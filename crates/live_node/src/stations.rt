// A station on a link.
ghost use Rattle.std.specs.Prelude.{◌≡◌, ◌⊎◌, ℕ, List, [], None, IfErr, OnOk, MatchResult};
ghost use Rattle.std.specs.declared.option.Option.{Option};
ghost use Rattle.std.specs.Result.{result_err};
ghost use Rattle.mav_links.specs.Links.{LinkState};
ghost use Rattle.mav_sign.specs.Streams.{reader_of};
ghost use Rattle.node_reports.specs.Nodes.{Node};
ghost use Rattle.live_node.specs.Nodes.{end_of};
ghost use Rattle.live_node.specs.Calls.{LiveCall};
ghost use Rattle.live_node.specs.Turns.{Turn};
ghost use Rattle.live_node.specs.Ports.{PrintedBy, PrintFaults, FaultsBy, SameRead, IsRunEnd};
ghost use Rattle.live_node.specs.Runs.{Outside, Ends, LinkRun, outside, stores_of};
ghost use Rattle.live_node.specs.Progress.{Output, Between, PortEnded, Opened};
ghost use Rattle.live_node.specs.Waiting.{OrderDone, OrderStopped, Watched, WatchStopped, Outlasted, OutlastStopped};
ghost use Rattle.live_node.specs.Waiting.{WaitedFor};
ghost use Rattle.live_node.specs.Stations.{StationLived, StationRuns, IsOrderEnd, IsWaitedEnd, IsStationEnd, Awaited};
ghost use Rattle.live_node.specs.Stations.{Gives, verdict, judged};

use crate::ends::order_end;
use crate::nodes::{Due, LiveNode};
use crate::run_log::RunLog;
use crate::turns::{PIECE_BYTES, call, turn, wait};
use field_layout::Label;
use mav_links::Link;
use mav_names::{Stream, node_of};
use mav_nodes::{Order, StationNode};
use mav_ports::{Clock, Sink, write_all};
use mav_sign::Key;
use plan_store::{Keeper, MemKeeper};
use run_status::{LiveEnd, RunEnd};
use std::alloc::Global;

/// A station's system and component, how many ticks it waits for the end of its operation, and how many reads may be
/// made of a port that hasn't ended.
#[derive(Clone, Copy)]
pub struct StationPlan {
    pub sys: u8,
    pub comp: u8,
    pub ticks: u64,
    pub turns: u64,
}

// The order is given, and what it tells is told.
fn obey<L: Link, K: Sink, C: Clock, S: Keeper>(
    live: &mut LiveNode,
    run_log: &mut RunLog,
    order: Order,
    link: &mut L,
    out: &mut K,
    clock: &mut C,
    keeper: &S,
) -> Result<(), RunEnd>
    ensures did { (before : S) (start : Node) (made : List LiveCall) (first : Outside)
        → (o : Output (stores_of S.faults S.is_infallible S.contents) before keeper.now start made live.old run_log.old
        first (outside (L.state link.old) (K.sent out.old) (C.always clock.old)))
        → MatchResult result
        (λ _. OrderDone (stores_of S.faults S.is_infallible S.contents) before keeper.now start made o.node order
        live.new run_log.new first (outside (L.state link.new) (K.sent out.new) (C.always clock.new)))
        (λ end. OrderStopped (stores_of S.faults S.is_infallible S.contents) before keeper.now end start made o.node
        order first (outside (L.state link.new) (K.sent out.new) (C.always clock.new))) }
    ensures unread { SameRead (L.state link.old) (L.state link.new) }
    ensures reader { OnOk result (reader_of (end_of live.new).endpoint ≡ reader_of (end_of live.old).endpoint) }
    ensures ends { Ends IsOrderEnd result (outside (L.state link.old) (K.sent out.old) (C.always clock.old))
        (outside (L.state link.new) (K.sent out.new) (C.always clock.new)) (K.faults out.old) (K.faults out.new) }
{
    let now = clock.now();
    match live.order(run_log.alloc, order, now) {
        Ok(news) => run_log.tell(live.params(), link, out, &news),
        Err(fault) => Err(order_end(fault)),
    }
}

// Turns until the verdict, or until no more reads may be made. Returns whether the link hasn't ended.
fn watch<L: Link, K: Sink, C: Clock, S: Keeper>(
    live: &mut LiveNode,
    run_log: &mut RunLog,
    plan: StationPlan,
    link: &mut L,
    out: &mut K,
    clock: &mut C,
    keeper: &mut S,
) -> Result<bool, RunEnd>
    ensures did { (before : S) (start : Node) (opening : List LiveCall) (first : Outside)
        → Between (stores_of S.faults S.is_infallible S.contents) before keeper.old start opening [] [] live.old
        run_log.old first (outside (L.state link.old) (K.sent out.old) (C.always clock.old))
        → MatchResult result
        (λ goes_on. Watched goes_on (stores_of S.faults S.is_infallible S.contents) before keeper.new plan start
        opening
        live.new run_log.new first (outside (L.state link.new) (K.sent out.new) (C.always clock.new)))
        (λ end. WatchStopped (stores_of S.faults S.is_infallible S.contents) before keeper.new end plan start opening
        first (outside (L.state link.new) (K.sent out.new) (C.always clock.new))) }
    ensures ends { Ends IsRunEnd result (outside (L.state link.old) (K.sent out.old) (C.always clock.old))
        (outside (L.state link.new) (K.sent out.new) (C.always clock.new)) (K.faults out.old) (K.faults out.new) }
{
    let mut buf = [0u8; PIECE_BYTES];
    'turns: for _at in 0..plan.turns {
        if run_log.is_over(plan.ticks) {
            return Ok(true);
        }
        match turn(live, run_log, &mut buf, link, out, clock, keeper) {
            Ok(true) => {}
            Ok(false) => return Ok(false),
            Err(end) => return Err(end),
        }
    }
    Ok(true)
}

// The link has ended: time passes until the verdict.
fn outlast<L: Link, K: Sink, C: Clock, S: Keeper>(
    live: &mut LiveNode,
    run_log: &mut RunLog,
    most: u64,
    link: &mut L,
    out: &mut K,
    clock: &mut C,
    keeper: &mut S,
) -> Result<(), RunEnd>
    ensures did { (before : S) (start : Node) (opening : List LiveCall) (turns : List Turn) (first : Outside)
        → PortEnded (stores_of S.faults S.is_infallible S.contents) before keeper.old start opening turns [] live.old
        run_log.old first (outside (L.state link.old) (K.sent out.old) (C.always clock.old))
        → Awaited most start opening turns []
        → MatchResult result
        (λ _. Outlasted (stores_of S.faults S.is_infallible S.contents) before keeper.new most start opening turns
        live.new run_log.new first (outside (L.state link.new) (K.sent out.new) (C.always clock.new)))
        (λ end. OutlastStopped (stores_of S.faults S.is_infallible S.contents) before keeper.new end most start opening
        turns first (outside (L.state link.new) (K.sent out.new) (C.always clock.new))) }
    ensures ends { Ends IsRunEnd result (outside (L.state link.old) (K.sent out.old) (C.always clock.old))
        (outside (L.state link.new) (K.sent out.new) (C.always clock.new)) (K.faults out.old) (K.faults out.new) }
{
    'ticks: for _at in 0..most {
        if run_log.is_over(most) {
            return Ok(());
        }
        match wait(live, run_log, link, out, clock, keeper) {
            Ok(()) => {}
            Err(end) => return Err(end),
        }
    }
    Ok(())
}

// The verdict; without one all turns were taken.
fn judge(run_log: &mut RunLog, plan: StationPlan) -> Result<Label, RunEnd>
    ensures { result ≡ judged plan (verdict plan.ticks run_log.old.ticks run_log.old.ending) }
{
    match run_log.verdict(plan.ticks) {
        Some(said) => said,
        None => Err(RunEnd::Live(LiveEnd::PortTurns(plan.turns))),
    }
}

// Waits for the end of the order, and returns the bytes that it gave.
fn wait_for<L: Link, K: Sink, C: Clock, S: Keeper>(
    live: &mut LiveNode,
    run_log: &mut RunLog,
    plan: StationPlan,
    link: &mut L,
    out: &mut K,
    clock: &mut C,
    keeper: &mut S,
) -> Result<Label, RunEnd>
    ensures waited { (before : S) (start : Node) (opening : List LiveCall) (first : Outside)
        → Between (stores_of S.faults S.is_infallible S.contents) before keeper.old start opening [] [] live.old
        run_log.old first (outside (L.state link.old) (K.sent out.old) (C.always clock.old))
        → WaitedFor (stores_of S.faults S.is_infallible S.contents) before keeper.new plan start opening result first
        (outside (L.state link.new) (K.sent out.new) (C.always clock.new)) }
    ensures ends { Ends IsWaitedEnd result (outside (L.state link.old) (K.sent out.old) (C.always clock.old))
        (outside (L.state link.new) (K.sent out.new) (C.always clock.new)) (K.faults out.old) (K.faults out.new) }
{
    match watch(live, run_log, plan, link, out, clock, keeper) {
        Ok(true) => judge(run_log, plan),
        Ok(false) => match outlast(live, run_log, plan.ticks, link, out, clock, keeper) {
            Ok(()) => judge(run_log, plan),
            Err(end) => Err(end),
        },
        Err(end) => Err(end),
    }
}

// The heartbeat, the order, and the wait.
fn run_live<L: Link, K: Sink, C: Clock, S: Keeper>(
    live: &mut LiveNode,
    run_log: &mut RunLog,
    plan: StationPlan,
    order: Order,
    link: &mut L,
    out: &mut K,
    clock: &mut C,
    keeper: &mut S,
) -> Result<Label, RunEnd>
    ensures ran { (before : S) (start : Node)
        → Opened (stores_of S.faults S.is_infallible S.contents) before keeper.old start live.old run_log.old
        (outside (L.state link.old) (K.sent out.old) (C.always clock.old))
        → StationLived (stores_of S.faults S.is_infallible S.contents) before keeper.new plan order start result
        (outside (L.state link.old) (K.sent out.old) (C.always clock.old))
        (outside (L.state link.new) (K.sent out.new) (C.always clock.new)) }
    ensures ends { Ends (λ end. (end ≡ RunEnd.Live LiveEnd.StoreFault) ⊎ IsStationEnd end) result
        (outside (L.state link.old) (K.sent out.old) (C.always clock.old))
        (outside (L.state link.new) (K.sent out.new) (C.always clock.new)) (K.faults out.old) (K.faults out.new) }
{
    match call(live, run_log, Due::Heartbeat, link, out, clock, keeper) {
        Ok(()) => {}
        Err(end) => return Err(end),
    }
    match obey(live, run_log, order, link, out, clock, keeper) {
        Ok(()) => wait_for(live, run_log, plan, link, out, clock, keeper),
        Err(end) => Err(end),
    }
}

fn write_given<K: Sink>(bytes: &Label, out: &mut K) -> Result<(), RunEnd>
    ensures printed { PrintedBy (result_err result) (K.sent out.old) (K.sent out.new) bytes.now }
    ensures faults { PrintFaults (result_err result) (K.faults out.old) (K.faults out.new) }
    ensures end { IfErr result (λ end. end ≡ RunEnd.WriteFault) }
{
    write_all(out, bytes.bytes())?;
    Ok(())
}

// Writes the bytes that an operation gave.
fn give<K: Sink>(ended: Result<Label, RunEnd>, out: &mut K) -> Result<(), RunEnd>
    ensures gives { (link : LinkState) (time : Option ℕ)
        → Gives ended (result_err result) (outside link (K.sent out.old) time) (outside link (K.sent out.new) time) }
    ensures end { IfErr ended IsStationEnd → IfErr result IsStationEnd }
    ensures faults { (port_before port_after before : ℕ)
        → FaultsBy (result_err ended) port_before port_after before (K.faults out.old)
        → FaultsBy (result_err result) port_before port_after before (K.faults out.new) }
{
    match ended {
        Ok(bytes) => write_given(&bytes, out),
        Err(end) => Err(end),
    }
}

/// Runs a station on a link: it sends a heartbeat, gives its order, and takes turns until this has an end. After the
/// link's end only time passes. The bytes that the order gave are written after all lines. It stores nothing.
pub fn run_station<L: Link, K: Sink, C: Clock>(
    alloc: Global,
    key: Key,
    plan: StationPlan,
    order: Order,
    link: &mut L,
    out: &mut K,
    clock: &mut C,
) -> Result<(), RunEnd>
    ensures { LinkRun (StationRuns key plan order) IsStationEnd result
        (outside (L.state link.old) (K.sent out.old) (C.always clock.old))
        (outside (L.state link.new) (K.sent out.new) (C.always clock.new)) (K.faults out.old) (K.faults out.new) }
{
    let boot = clock.now();
    let me = Stream {
        sys: plan.sys,
        comp: plan.comp,
        link: 0,
    };
    let mut live = LiveNode::Station(StationNode::new(alloc, key, me, boot)?);
    let mut run_log = RunLog::new(alloc, node_of(me));
    let mut keeper = MemKeeper::new(alloc, Vec::new(alloc), Vec::new(alloc));
    let ended = run_live(
        &mut live,
        &mut run_log,
        plan,
        order,
        link,
        out,
        clock,
        &mut keeper,
    );
    live.discard();
    give(ended, out)
}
----
Your answer should consist of every line from the entries that holds "reads".

Written response:
/// A station's system and component, how many ticks it waits for the end of its operation, and how many reads may be
// Turns until the verdict, or until no more reads may be made. Returns whether the link hasn't ended.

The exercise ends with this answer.